• MATERIALS PROVIDED
======
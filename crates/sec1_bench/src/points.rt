//! Points over a field of 256 bits. Calls on points that were read before are made for each of 64
//! points, many times over, so that reading the points counts for little.
use crate::length_and_last;
use sec1::Result;
use sec1::point::EncodedPoint32;
use std::alloc::Global;
use std::cmp::Ordering;
use std::str::{FromStr, from_utf8};

/// How many points the calls on many points take.
const COUNT: usize = 64;

/// The length of an uncompressed point.
const LEN: usize = 65;

/// Returns the point, as a call that isn't inlined does.
#[inline(never)]
fn read(input: &[u8]) -> Result<EncodedPoint32> {
    EncodedPoint32::from_bytes(input)
}

/// Returns the compressed point, as a call that isn't inlined does.
#[inline(never)]
fn compress(point: &EncodedPoint32) -> EncodedPoint32 {
    point.compress()
}

/// Returns the order of two points, as a call that isn't inlined does.
#[inline(never)]
fn order(first: &EncodedPoint32, second: &EncodedPoint32) -> Ordering {
    first.cmp(second)
}

/// Returns `true` if the points are the same, as a call that isn't inlined does.
#[inline(never)]
fn same(first: &EncodedPoint32, second: &EncodedPoint32) -> bool {
    first == second
}

/// Reads a point by a call that isn't inlined. Returns the length of its encoding and the last
/// byte, added up.
#[unsafe(no_mangle)]
pub extern "C" fn bench_point_read(input: &[u8]) -> usize {
    match read(input) {
        Ok(point) => length_and_last(point.as_bytes()),
        Err(_) => 0,
    }
}

/// Reads a point as [`bench_point_read`] does, by a call that may be inlined.
#[unsafe(no_mangle)]
pub extern "C" fn bench_point_read_inline(input: &[u8]) -> usize {
    match EncodedPoint32::from_bytes(input) {
        Ok(point) => length_and_last(point.as_bytes()),
        Err(_) => 0,
    }
}

/// Reads a point and copies its encoding. Returns the length of the copy.
#[unsafe(no_mangle)]
pub extern "C" fn bench_point_copy(alloc: Global, input: &[u8]) -> usize {
    match EncodedPoint32::from_bytes(input) {
        Ok(point) => match point.to_bytes(alloc) {
            Ok(bytes) => bytes.len(),
            Err(_) => 0,
        },
        Err(_) => 0,
    }
}

/// Reads a point from hexadecimal text, `rounds` times. Returns the sum of the lengths and last
/// bytes.
#[unsafe(no_mangle)]
pub extern "C" fn bench_point_parse(input: &[u8], rounds: usize) -> usize {
    let Ok(text) = from_utf8(input) else {
        return 0;
    };
    let mut sum: usize = 0;
    for _ in 0..rounds {
        if let Ok(point) = EncodedPoint32::from_str(text) {
            sum = sum.wrapping_add(length_and_last(point.as_bytes()));
        }
    }
    sum
}

/// Reads a point and makes its hexadecimal text. Returns the length of the text.
#[unsafe(no_mangle)]
pub extern "C" fn bench_point_text(alloc: Global, input: &[u8]) -> usize {
    match EncodedPoint32::from_bytes(input) {
        Ok(point) => match point.to_upper_hex(alloc) {
            Ok(text) => text.len(),
            Err(_) => 0,
        },
        Err(_) => 0,
    }
}

/// Reads a point and prints it to a text. Returns the length of the text.
#[unsafe(no_mangle)]
pub extern "C" fn bench_point_print(alloc: Global, input: &[u8]) -> usize {
    match EncodedPoint32::from_bytes(input) {
        Ok(point) => match point.to_string(alloc) {
            Ok(text) => text.len(),
            Err(_) => 0,
        },
        Err(_) => 0,
    }
}

/// The points with these encodings, one after the other; the identity if one is missing.
fn points(input: &[u8]) -> [EncodedPoint32; COUNT] {
    let mut points = [EncodedPoint32::identity(); COUNT];
    let mut rest = input;
    for i in 0..COUNT {
        if rest.len() < LEN {
            break;
        }
        let (front, after) = rest.split_at(LEN);
        if let Ok(point) = EncodedPoint32::from_bytes(front) {
            points[i] = point;
        }
        rest = after;
    }
    points
}

/// Copies the encoding of the point to the beginning of the slice, if it has room. Returns the
/// length of the encoding.
fn copy_front(point: &EncodedPoint32, out: &mut [u8]) -> usize {
    let bytes = point.as_bytes();
    if bytes.len() <= out.len() {
        out[..bytes.len()].copy_from_slice(bytes);
    }
    bytes.len()
}

/// Compresses a point by a call that isn't inlined, and copies the encoding.
fn copy_compressed(point: &EncodedPoint32, out: &mut [u8]) -> usize {
    copy_front(&compress(point), out)
}

/// Compresses a point by a call that may be inlined, and copies the encoding.
fn copy_compressed_inline(point: &EncodedPoint32, out: &mut [u8]) -> usize {
    copy_front(&point.compress(), out)
}

/// Compresses 64 points, `rounds` times, and copies each encoding into the slice. Returns the sum
/// of the lengths.
#[unsafe(no_mangle)]
pub extern "C" fn bench_points_compress(input: &[u8], out: &mut [u8], rounds: usize) -> usize {
    let points = points(input);
    let mut sum: usize = 0;
    for _ in 0..rounds {
        for i in 0..COUNT {
            sum = sum.wrapping_add(copy_compressed(&points[i], out));
        }
    }
    sum
}

/// Compares each of 64 points with the next, `rounds` times. Returns how often it is less.
#[unsafe(no_mangle)]
pub extern "C" fn bench_points_cmp(input: &[u8], rounds: usize) -> usize {
    let points = points(input);
    let mut sum: usize = 0;
    for _ in 0..rounds {
        for i in 1..COUNT {
            if order(&points[i - 1], &points[i]) == Ordering::Less {
                sum = sum.wrapping_add(1);
            }
        }
    }
    sum
}

/// Compares each of 64 points with the next, `rounds` times. Returns how often they are equal.
#[unsafe(no_mangle)]
pub extern "C" fn bench_points_eq(input: &[u8], rounds: usize) -> usize {
    let points = points(input);
    let mut sum: usize = 0;
    for _ in 0..rounds {
        for i in 1..COUNT {
            if same(&points[i - 1], &points[i]) {
                sum = sum.wrapping_add(1);
            }
        }
    }
    sum
}

/// Compresses points as [`bench_points_compress`] does, by calls that may be inlined.
#[unsafe(no_mangle)]
pub extern "C" fn bench_points_compress_inline(
    input: &[u8],
    out: &mut [u8],
    rounds: usize,
) -> usize {
    let points = points(input);
    let mut sum: usize = 0;
    for _ in 0..rounds {
        for i in 0..COUNT {
            sum = sum.wrapping_add(copy_compressed_inline(&points[i], out));
        }
    }
    sum
}

/// Compares points as [`bench_points_eq`] does, by calls that may be inlined.
#[unsafe(no_mangle)]
pub extern "C" fn bench_points_eq_inline(input: &[u8], rounds: usize) -> usize {
    let points = points(input);
    let mut sum: usize = 0;
    for _ in 0..rounds {
        for i in 1..COUNT {
            if points[i - 1] == points[i] {
                sum = sum.wrapping_add(1);
            }
        }
    }
    sum
}
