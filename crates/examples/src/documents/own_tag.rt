use sec1::der::{Tag, Tagged};

/// The tag `[30]` of a constructed element, as a type.
pub struct Context30;

impl Tagged for Context30 {
    ghost tag_byte = { 0xBE };

    fn fixed_tag() -> Tag {
        match Tag::from_byte(0xBE) {
            Ok(tag) => tag,
            Err(_) => unreachable!(),
        }
    }
}
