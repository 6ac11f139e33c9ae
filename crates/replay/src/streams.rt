//! Keys and documents over readers and writers that fail once and would then continue, that end, or
//! that move pieces of several sizes in turn.

use crate::calls::{Outcome, sum_of};
use crate::keys::{Copied, pattern};
use crate::words::{joined, number, word};
use sec1::der::{Error, SecretDocument, StdReader, StdWriter};
use sec1::{DecodeEcPrivateKey, EcPrivateKey, EncodeEcPrivateKey};
use std::alloc::{AllocError, Global};
use std::io;

/// The kinds of std's errors, by their names.
static KINDS: [(&[u8], io::ErrorKind); 41] = [
    (b"NotFound", io::ErrorKind::NotFound),
    (b"PermissionDenied", io::ErrorKind::PermissionDenied),
    (b"ConnectionRefused", io::ErrorKind::ConnectionRefused),
    (b"ConnectionReset", io::ErrorKind::ConnectionReset),
    (b"HostUnreachable", io::ErrorKind::HostUnreachable),
    (b"NetworkUnreachable", io::ErrorKind::NetworkUnreachable),
    (b"ConnectionAborted", io::ErrorKind::ConnectionAborted),
    (b"NotConnected", io::ErrorKind::NotConnected),
    (b"AddrInUse", io::ErrorKind::AddrInUse),
    (b"AddrNotAvailable", io::ErrorKind::AddrNotAvailable),
    (b"NetworkDown", io::ErrorKind::NetworkDown),
    (b"BrokenPipe", io::ErrorKind::BrokenPipe),
    (b"AlreadyExists", io::ErrorKind::AlreadyExists),
    (b"WouldBlock", io::ErrorKind::WouldBlock),
    (b"NotADirectory", io::ErrorKind::NotADirectory),
    (b"IsADirectory", io::ErrorKind::IsADirectory),
    (b"DirectoryNotEmpty", io::ErrorKind::DirectoryNotEmpty),
    (b"ReadOnlyFilesystem", io::ErrorKind::ReadOnlyFilesystem),
    (b"FilesystemLoop", io::ErrorKind::FilesystemLoop),
    (
        b"StaleNetworkFileHandle",
        io::ErrorKind::StaleNetworkFileHandle,
    ),
    (b"InvalidInput", io::ErrorKind::InvalidInput),
    (b"InvalidData", io::ErrorKind::InvalidData),
    (b"TimedOut", io::ErrorKind::TimedOut),
    (b"WriteZero", io::ErrorKind::WriteZero),
    (b"StorageFull", io::ErrorKind::StorageFull),
    (b"NotSeekable", io::ErrorKind::NotSeekable),
    (b"QuotaExceeded", io::ErrorKind::QuotaExceeded),
    (b"FileTooLarge", io::ErrorKind::FileTooLarge),
    (b"ResourceBusy", io::ErrorKind::ResourceBusy),
    (b"ExecutableFileBusy", io::ErrorKind::ExecutableFileBusy),
    (b"Deadlock", io::ErrorKind::Deadlock),
    (b"CrossesDevices", io::ErrorKind::CrossesDevices),
    (b"TooManyLinks", io::ErrorKind::TooManyLinks),
    (b"InvalidFilename", io::ErrorKind::InvalidFilename),
    (b"ArgumentListTooLong", io::ErrorKind::ArgumentListTooLong),
    (b"Interrupted", io::ErrorKind::Interrupted),
    (b"Unsupported", io::ErrorKind::Unsupported),
    (b"UnexpectedEof", io::ErrorKind::UnexpectedEof),
    (b"OutOfMemory", io::ErrorKind::OutOfMemory),
    (b"InProgress", io::ErrorKind::InProgress),
    (b"Other", io::ErrorKind::Other),
];

/// What a stream does that has moved some bytes.
#[derive(Clone, Copy)]
enum Then {
    /// It goes on.
    Continue,
    /// It moves no more.
    End,
    /// It fails, once.
    Fail(io::ErrorKind),
}

/// Returns what a stream does by this name.
fn then_of(name: &[u8]) -> Then {
    if name == b"End".as_slice() {
        return Then::End;
    }
    for &(text, kind) in KINDS.iter() {
        if text == name {
            return Then::Fail(kind);
        }
    }
    Then::Continue
}

/// The sizes of pieces that are moved in turn.
static SIZES: [usize; 6] = [1, 4_095, 4_096, 7, 1_000, 4_097];

/// What a stream does after how many bytes; at most `step` bytes are moved at once, or, if that is
/// 0, as many as [`SIZES`] has in turn, from the size at `at` on.
#[derive(Clone, Copy)]
struct Break {
    then: Then,
    at: usize,
    step: usize,
}

impl Break {
    /// Returns how many of these bytes the stream moves now, unless it fails.
    fn next(&mut self, moved: usize, wanted: usize) -> io::Result<usize> {
        if self.step == 0 {
            let count = wanted.min(SIZES[self.at % 6]);
            self.at = self.at.wrapping_add(1);
            return Ok(count);
        }
        let count = wanted.min(self.step);
        let before = count.min(self.at.saturating_sub(moved));
        match self.then {
            Then::Fail(kind) if moved == self.at => {
                self.then = Then::Continue;
                Err(io::Error::from(kind))
            }
            Then::Fail(_) if moved < self.at => Ok(before),
            Then::End => Ok(before),
            _ => Ok(count),
        }
    }
}

/// A reader of these bytes.
#[derive(Drop)]
struct Source<'a> {
    rest: &'a [u8],
    moved: usize,
    breaks: Break,
}

impl io::Read for Source<'_> {
    fn read(&mut self, buf: &mut [u8]) -> io::Result<usize> {
        let wanted = buf.len().min(self.rest.len());
        let count = self.breaks.next(self.moved, wanted)?.min(wanted);
        let (front, rest) = self.rest.split_at(count);
        buf[..count].copy_from_slice(front);
        self.rest = rest;
        self.moved = self.moved.saturating_add(count);
        Ok(count)
    }
}

/// A writer into a vector.
#[derive(Drop)]
struct Target {
    taken: Vec<u8>,
    breaks: Break,
}

impl io::Write for Target {
    fn write(&mut self, buf: &[u8]) -> io::Result<usize> {
        let count = self
            .breaks
            .next(self.taken.len(), buf.len())?
            .min(buf.len());
        self.taken.extend_from_slice(&buf[..count])?;
        Ok(count)
    }

    fn flush(&mut self) -> io::Result<()> {
        Ok(())
    }
}

/// Returns the text of what bytes were moved.
pub fn moved(alloc: Global, bytes: &[u8]) -> Result<String, AllocError> {
    match sum_of(bytes) {
        Outcome::Bytes(len, sum) => format!(in alloc; "{len} {sum}"),
        _ => "other".to_string(alloc),
    }
}

/// Returns the name of the error.
pub fn error_name(alloc: Global, error: &sec1::Error) -> Result<String, AllocError> {
    match error {
        sec1::Error::Asn1(error) => kind_name(alloc, error),
        other => format!(in alloc; "{other:?}"),
    }
}

/// Returns the name of the kind of the error.
pub fn kind_name(alloc: Global, error: &Error) -> Result<String, AllocError> {
    format!(in alloc; "{:?}", error.kind)
}

/// Returns `Ok`, or the name of the error.
pub fn end<T: Drop>(alloc: Global, res: sec1::Result<T>) -> Result<String, AllocError> {
    match res {
        Ok(_) => "Ok".to_string(alloc),
        Err(error) => error_name(alloc, &error),
    }
}

/// Returns `Ok`, or the name of the kind of the error.
pub fn der_end<T: Drop>(alloc: Global, res: Result<T, Error>) -> Result<String, AllocError> {
    match res {
        Ok(_) => "Ok".to_string(alloc),
        Err(error) => kind_name(alloc, &error),
    }
}

/// Returns the text of what is read as a document.
fn document_read(alloc: Global, bytes: &[u8], breaks: Break) -> Result<String, AllocError> {
    let mut reader = StdReader::new(Source {
        rest: bytes,
        moved: 0,
        breaks,
    });
    let text = match SecretDocument::read_der_from(alloc, &mut reader) {
        Ok(document) => moved(alloc, document.as_bytes()),
        Err(error) => kind_name(alloc, &error),
    };
    let count = reader.into_inner().moved;
    joined(alloc, " of ", [text, count.to_string(alloc)])
}

/// Returns the text of what is read as a key.
fn key_read(alloc: Global, bytes: &[u8], breaks: Break) -> Result<String, AllocError> {
    let mut reader = StdReader::new(Source {
        rest: bytes,
        moved: 0,
        breaks,
    });
    let text = match Copied::read_sec1_der_from(alloc, &mut reader) {
        Ok(key) => moved(alloc, &key.bytes),
        Err(error) => error_name(alloc, &error),
    };
    let count = reader.into_inner().moved;
    joined(alloc, " of ", [text, count.to_string(alloc)])
}

/// Returns the text of what a document writes.
fn document_written(alloc: Global, bytes: &[u8], breaks: Break) -> Result<String, AllocError> {
    let Ok(document) = SecretDocument::from_der(alloc, bytes) else {
        return "no document".to_string(alloc);
    };
    let mut writer = StdWriter::new(Target {
        taken: Vec::new(alloc),
        breaks,
    });
    let end = der_end(alloc, document.write_der_to(&mut writer));
    joined(alloc, " ", [end, moved(alloc, &writer.into_inner().taken)])
}

/// Returns the text of what a key writes.
fn key_written(alloc: Global, bytes: &[u8], breaks: Break) -> Result<String, AllocError> {
    let key = Copied {
        bytes: Vec::from_slice(alloc, bytes)?,
    };
    let mut writer = StdWriter::new(Target {
        taken: Vec::new(alloc),
        breaks,
    });
    let end = end(alloc, key.write_sec1_der_to(alloc, &mut writer));
    joined(alloc, " ", [end, moved(alloc, &writer.into_inner().taken)])
}

/// Returns what these bytes give as a document and as a key, read and written.
fn found(alloc: Global, bytes: &[u8], breaks: Break) -> Result<String, AllocError> {
    let document = document_read(alloc, bytes, breaks);
    let key = key_read(alloc, bytes, breaks);
    let document_written = document_written(alloc, bytes, breaks);
    let key_written = key_written(alloc, bytes, breaks);
    joined(alloc, ", ", [document, key, document_written, key_written])
}

/// Returns what the streams do that the line names, and the rest of the line.
fn breaks_of(line: &[u8]) -> (Break, &[u8]) {
    let (how, rest) = word(line);
    let (at, rest) = word(rest);
    let (step, rest) = word(rest);
    let breaks = Break {
        then: then_of(how),
        at: number(at),
        step: number(step),
    };
    (breaks, rest)
}

/// Returns the line for a key over such streams.
pub fn answer(alloc: Global, line: &[u8]) -> Result<String, AllocError> {
    let (breaks, private_len) = breaks_of(line);
    let private_key = pattern(alloc, number(private_len))?;
    let key = EcPrivateKey {
        private_key: &private_key,
        parameters: None,
        public_key: None,
    };
    match key.to_der(alloc) {
        Ok(der) => joined(
            alloc,
            ", ",
            ["break".to_string(alloc), found(alloc, &der, breaks)],
        ),
        Err(_) => "not written".to_string(alloc),
    }
}

/// Returns what these bytes are as a key from memory.
fn copied(alloc: Global, bytes: &[u8]) -> Result<String, AllocError> {
    match Copied::from_sec1_der(alloc, bytes) {
        Ok(key) => moved(alloc, &key.bytes),
        Err(error) => error_name(alloc, &error),
    }
}

/// Returns the line for any bytes, from memory and over such streams.
pub fn pieces(alloc: Global, line: &[u8]) -> Result<String, AllocError> {
    let (breaks, digits) = breaks_of(line);
    let Ok(bytes) = hex::decode(alloc, digits) else {
        return "not hexadecimal".to_string(alloc);
    };
    let (copied, found) = (copied(alloc, &bytes), found(alloc, &bytes, breaks));
    joined(alloc, ", ", ["pieces".to_string(alloc), copied, found])
}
======
• WHAT THIS TASK INVOLVES
Once the line containing "many points take." has been set down, nothing more is wanted; set down each line of the listing above up to it exactly, starting with the first.

• PROBLEM SOLUTION
filename crates/sec1_bench/src/points.rt
//! Points over a field of 256 bits. Calls on points that were read before are made for each of 64
//! points, many times over, so that reading the points counts for little.
use crate::length_and_last;
use sec1::Result;
use sec1::point::EncodedPoint32;
use std::alloc::Global;
use std::cmp::Ordering;
use std::str::{FromStr, from_utf8};

/// How many points the calls on many points take.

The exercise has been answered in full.